The reason is that sexual fusion of two germ cells into a composite zygote cell is complicated. This is why there's the female egg / male sperm asymmetry in sexual reproduction: it's simpler to combine the complicated egg with minimalist sperm and get a working hybrid than it would be to hybridize two germ cells as complicated as eggs, with all their cellular organelles. Trying to hybridize three germ cells of any configuration and get something that works would be nightmarishly complicated. An evolutionary path to such a complicated scheme would be much more elaborate than the path that led to two sexes, and it's hard to identify any advantage of three sexes over two that could provide selection pressures to drive evolution along such a path. Three or more sexes really are troublesome.
* Incidentally, the 50:50 gender rule has some fine print -- it actually means that the optimum level of relative investment in males versus females is 50:50. If males require as much investment as females, then the number of males matches the number of females; but in a species where males are twice as easy for a mother to produce as females, then the optimum ratio of males to females is predictably 2:1: "Two for the price of one!".

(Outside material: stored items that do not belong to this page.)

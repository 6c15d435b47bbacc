//! What tells of types and constants.

ghost use Rattle.std.specs.Prelude.{◌≡◌, Ok, Err, IfOk};
ghost use Rattle.nm_base.specs.declared.fault.Fault.{Fault as FaultOf};
ghost use Rattle.wire_phases.specs.Faults.{IsRefusal};
ghost use Rattle.wire_phases.specs.Wired.{Telling as TellingOf};

use nm_base::Fault;
use std::alloc::Global;
use wire_instances::Made;
use wire_pairs::InstanceFacts;
use wire_units::Loaded;

/// What tells of the types and constants of an application's instances what its wires need to know.
pub trait Telling {
    ghost Tells: { TellingOf };

    /// What is told of these instances, in their order, or the first refusal.
    fn facts(
        &self,
        alloc: Global,
        units: &[Loaded],
        made: &[Made],
    ) -> Result<Vec<InstanceFacts>, Fault>
        ensures told { IfOk result (λ facts. Tells units.now made.now ≡ Ok facts.items) }
        ensures refused { (fault : FaultOf) → result ≡ Err fault → IsRefusal fault → Tells units.now made.now ≡ Err fault };
}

There are also some creatures that produce a few males and a large number of females -- but the brothers and sisters breed among themselves and such creatures can be seen as "virtual" asexual reproducers, clearly being descendants of sexual reproducers that "rediscovered" some of the benefits of asexual reproduction. In fact, in some species of mites, the offspring hatch inside the mother mite's body, with the male inseminating his sisters before they eat their way out of their unfortunate mother, the male then promptly dying. The female mites are "born pregnant", and on a casual inspection such a species might actually appear to be an asexual reproducer -- though in reality it has taken an astonishingly roundabout evolutionary route to get back to an ugly approximation of where its distant ancestors started from.
Another strange tale of sexual reproduction is that of the fish known as the blue-headed wrasse. Only the males are blue-headed, the females are dull-colored. They are a harem species, with one male controlling a school of females. However, as mentioned previously, some fish can change sex during their lives, and the blue-headed wrasse is one of them. If the male in control of the harem dies, the biggest female becomes a male and takes over. It's the best of both worlds: there are still males to spread around sperm, but if they can't run a harem, they get to reproduce as females.

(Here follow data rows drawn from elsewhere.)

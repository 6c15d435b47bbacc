//! Worked rows of applications.

ghost use Rattle.nesc_tree.specs.declared.tree.TypeSpec.{TypeSpec as TypeSpecOf};
ghost use Rattle.wire_phases.specs.Rows.{PhaseRows, CreationRows, WireRows, FactRows, BlinkRows};

/// These applications are refused as their rows say, worked out by hand.
pub fn worked_rows()
    ensures phases { PhaseRows }
    ensures creation { CreationRows }
    ensures wires { WireRows }
    ensures facts { FactRows }
    ensures copies { (t : TypeSpecOf) → BlinkRows t }
{}
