//! Refusals of creation and of wires as faults.

ghost use Rattle.std.specs.Prelude.{◌≡◌};
ghost use Rattle.wire_phases.specs.Faults as spec;

use nm_base::{Fault, Limit, MAX_INSTANCES, Refusal, Which};
use wire_instances::Unmet;
use wire_pairs::Unlinked;

fn unmet_fault(unmet: Unmet) -> Fault
    ensures { result ≡ spec.unmet_fault unmet }
{
    Fault::Refused(match unmet {
        Unmet::UnknownName(at) => Refusal::UnknownName(at),
        Unmet::DuplicateName(at) => Refusal::DuplicateName(at),
        Unmet::ComponentLoop(at) => Refusal::ComponentLoop(at),
        Unmet::ArgumentMismatch(at) => Refusal::ArgumentMismatch(at),
    })
}

/// Why the instances were not created.
pub fn creation_fault(stop: wire_instances::Stop) -> Fault
    ensures { result ≡ spec.creation_fault stop }
{
    match stop {
        wire_instances::Stop::Unmet(unmet) => unmet_fault(unmet),
        wire_instances::Stop::Instances => Fault::Limit(Limit {
            which: Which::Instances,
            have: MAX_INSTANCES + 1,
        }),
        wire_instances::Stop::NoMemory => Fault::NoMemory,
    }
}

/// Why a wire is refused.
pub fn wire_fault(unlinked: Unlinked) -> Fault
    ensures { result ≡ spec.wire_fault unlinked }
{
    Fault::Refused(match unlinked {
        Unlinked::BadType(at) => Refusal::BadType(at),
        Unlinked::NotConstant(at) => Refusal::NotConstant(at),
        Unlinked::UnknownName(at) => Refusal::UnknownName(at),
        Unlinked::WireMismatch(at) => Refusal::WireMismatch(at),
    })
}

Such tales hint at how complicated the matter of sex really is, and it must be emphasized that the discussion here is brief and glib -- not everyone agrees with the "parasitic Red Queen's race" idea, for example. There are special cases where it just doesn't seem to work, the most prominent case being the protists known as "bdelloid rotifers", all of which have been asexual reproducers for at least 85 million years, and which seem to be thriving. Sex turns out to be one of the most devious topics in evolutionary science, and it's likely to provide job security for biologists for a long time to come.